Medical measures include:
- Nasal irrigation using normal saline
- Nasal irrigation and removal of crusts using alkaline nasal solutions.
- 25% glucose in glycerine can be applied to the nasal mucosa to inhibit the growth of proteolytic organisms which produce foul smell.
- Local antibiotics, such as Chloromycetin.
- Vitamin D_{2} .
- Estradiol spray for regeneration of seromucinous glands and vascularization of mucosa.
- Systemic streptomycin (1g/day) against Klebsiella organisms.
- Oral potassium iodide for liquefaction of secretion.
- Placental extract injected in the submucosa.
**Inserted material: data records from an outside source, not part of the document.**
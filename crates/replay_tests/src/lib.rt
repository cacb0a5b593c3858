//! Tests of `replay`. What is wanted stands in the format's own words, and was worked out by hand.
#![tactic(auto)]

#[cfg(test)]
mod boots;
#[cfg(test)]
mod called;
#[cfg(test)]
mod judged;
#[cfg(test)]
mod reloads;
#[cfg(test)]
mod restarts;
#[cfg(test)]
mod traces;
- Rifampicin 600 mg once daily for 12 weeks.

Surgical interventions include:
- Young's operation.
- Modified Young's operation.
- Narrowing of nasal cavities, submucosal injection of Teflon paste (William's operation), section and medial displacement of the lateral wall of the nose.
- Transposition of parotid duct to maxillary sinus or nasal mucosa (Wittmack's operation)
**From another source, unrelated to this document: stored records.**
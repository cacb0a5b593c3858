//! Traces over reloads: the text of each is read, and what is in force decides the lines behind it.
use crate::judged::{are_fronts_refused, is_given};
use crate::traces::{BOOT, SECOND};

/// Nothing is in force any more.
const NONE: &str = "{\"source\":0,\"number\":0,\"cmd\":{\"reload\":\"[]\\n\"}}\n";

#[test]
fn a_reload(rt: HostRuntime) {
    let parts = [BOOT, NONE, SECOND, "{\"end\":3}\n"];
    assert!(rt;
        is_given(rt.alloc(), &parts, (0, "", ""))
            && are_fronts_refused(rt.alloc(), &parts).unwrap_or(false)
    );
}

/// A tab begins its text, as that of a line that was refused.
const NO_TEXT: &str = "{\"source\":0,\"number\":0,\"cmd\":{\"reload\":\"\\tx\"}}\n";

const REFUSED: &str = "{\"source\":0,\"number\":0,\"cmd\":{\"refused\":\"L12\"}}\n";

const TOO_MANY: &str = "{\"source\":0,\"number\":0,\"cmd\":{\"refused\":\"L13\"}}\n";

/// A line that was refused may be any, so its code stands at any place.
#[test]
fn a_text_that_is_no_configuration(rt: HostRuntime) {
    assert!(rt;
        is_given(
            rt.alloc(),
            &[BOOT, NO_TEXT, SECOND, "{\"end\":3}\n"],
            (11, "", "hearth: trace line 2: T\n")
        ) && is_given(
            rt.alloc(),
            &[BOOT, REFUSED, SECOND, "{\"end\":3}\n"],
            (0, "", "source 0 line 0: L12\n")
        ) && is_given(
            rt.alloc(),
            &[BOOT, TOO_MANY, SECOND, "{\"end\":3}\n"],
            (0, "", "source 0 line 0: L13\n")
        )
    );
}

/// Two automations that call five seconds after an event, up to the begin of both delays.
const TWO: &str =
    "{\"boot\":{\"config\":\"- alias: a\\n  triggers:\\n    - trigger: event\\n      event_type: go\\n  actions:\\n    - delay: 5\\n    - action: notify.a\\n- alias: b\\n  triggers:\\n    - trigger: event\\n      event_type: go\\n  actions:\\n    - delay: 5\\n    - action: notify.b\\n\",\"stored\":null,\"start\":\"2024-05-01T20:00:00.000Z\",\"zone\":\"UTC\"}}\n{\"source\":0,\"number\":0,\"cmd\":{\"event\":\"go\",\"data\":{}}}\n{\"worker\":0,\"run\":1,\"branch\":[],\"item\":{\"nothing\":true}}\n{\"worker\":0,\"run\":2,\"branch\":[],\"item\":{\"nothing\":true}}\n";

/// The second waits for longer.
const SLOWER: &str =
    "{\"source\":0,\"number\":1,\"cmd\":{\"reload\":\"- alias: a\\n  triggers:\\n    - trigger: event\\n      event_type: go\\n  actions:\\n    - delay: 5\\n    - action: notify.a\\n- alias: b\\n  triggers:\\n    - trigger: event\\n      event_type: go\\n  actions:\\n    - delay: 6\\n    - action: notify.b\\n\"}}\n";

const LATER: &str =
    "{\"source\":0,\"number\":2,\"cmd\":{\"moment\":\"2024-05-01T20:00:05.000Z\"}}\n";

/// The end of the first delay, and its call.
const FIRST_STEPS: &str =
    "{\"worker\":0,\"run\":1,\"branch\":[],\"item\":{\"nothing\":true}}\n{\"worker\":0,\"run\":1,\"branch\":[],\"item\":{\"call\":{\"service\":\"notify.a\",\"target\":[],\"data\":{}}}}\n";

/// The end of the second delay, which never comes.
const SECOND_STEP: &str = "{\"worker\":0,\"run\":2,\"branch\":[],\"item\":{\"nothing\":true}}\n";

const CALL: &str =
    "{\"run\":\"a\",\"number\":1,\"call\":1,\"service\":\"notify.a\",\"target\":[],\"data\":{}}\n";

#[test]
fn a_run_that_a_reload_ended_takes_no_step(rt: HostRuntime) {
    let whole = [TWO, SLOWER, LATER, FIRST_STEPS, "{\"end\":8}\n"];
    assert!(rt;
        is_given(rt.alloc(), &whole, (0, CALL, ""))
            && are_fronts_refused(rt.alloc(), &whole).unwrap_or(false)
            && is_given(
                rt.alloc(),
                &[
                    TWO,
                    SLOWER,
                    LATER,
                    FIRST_STEPS,
                    SECOND_STEP,
                    "{\"end\":9}\n"
                ],
                (11, CALL, "hearth: trace line 9: T\n")
            )
    );
}

/// A counter is in force, and no automation.
const COUNTED: &str =
    "{\"boot\":{\"config\":\"counter:\\n  c:\\nautomation: []\\n\",\"stored\":null,\"start\":\"2024-05-01T20:00:00.000Z\",\"zone\":\"UTC\"}}\n";

/// Another counter stands in the text.
const COUNTED_OTHERWISE: &str =
    "{\"source\":0,\"number\":0,\"cmd\":{\"reload\":\"counter:\\n  d:\\nautomation: []\\n\"}}\n";

/// So does one whose step is nothing.
const NO_STEP: &str =
    "{\"source\":0,\"number\":0,\"cmd\":{\"reload\":\"counter:\\n  d:\\n    step: 0\\nautomation: []\\n\"}}\n";

const OF_HELPER: &str =
    "{\"source\":0,\"number\":1,\"cmd\":{\"report\":\"counter.c\",\"state\":\"4\",\"attributes\":{}}}\n";

const GONE_HELPER: &str = "{\"source\":0,\"number\":1,\"cmd\":{\"gone\":\"counter.c\"}}\n";

const OF_NONE: &str =
    "{\"source\":0,\"number\":1,\"cmd\":{\"report\":\"counter.d\",\"state\":\"4\",\"attributes\":{}}}\n";

/// Helpers are those of the start.
#[test]
fn a_report_behind_a_reload_with_helpers(rt: HostRuntime) {
    let refused = (11, "", "hearth: trace line 3: T\n");
    assert!(rt;
        is_given(
            rt.alloc(),
            &[COUNTED, COUNTED_OTHERWISE, OF_NONE, "{\"end\":3}\n"],
            (0, "", "")
        ) && is_given(
            rt.alloc(),
            &[COUNTED, COUNTED_OTHERWISE, OF_HELPER, "{\"end\":3}\n"],
            refused
        ) && is_given(
            rt.alloc(),
            &[COUNTED, COUNTED_OTHERWISE, GONE_HELPER, "{\"end\":3}\n"],
            refused
        )
    );
}

#[test]
fn a_fault_in_helpers_that_are_not_read(rt: HostRuntime) {
    assert!(rt;
        is_given(
            rt.alloc(),
            &[COUNTED, NO_STEP, "{\"end\":2}\n"],
            (11, "", "hearth: trace line 2: T\n")
        )
    );
}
- Complete inversion of mucoperiosteum of maxillary antrum to create a neo-turbinate (Raghav Sharan's operation)
- Repeated Stellate ganglion block (Sardana's operation)
- Vestibuloplasty

== History ==
This disorder was known since the time of ancient Egypt, almost 4,000 years ago, and descriptions of it are found in the historical medical papyri. In the Edwin Smith Papyrus (1700 BC) it was prescribed a treatment based on wine and breast milk to cure this disease. The ancient Greek and Indian civilizations were aware of atrophic rhinitis.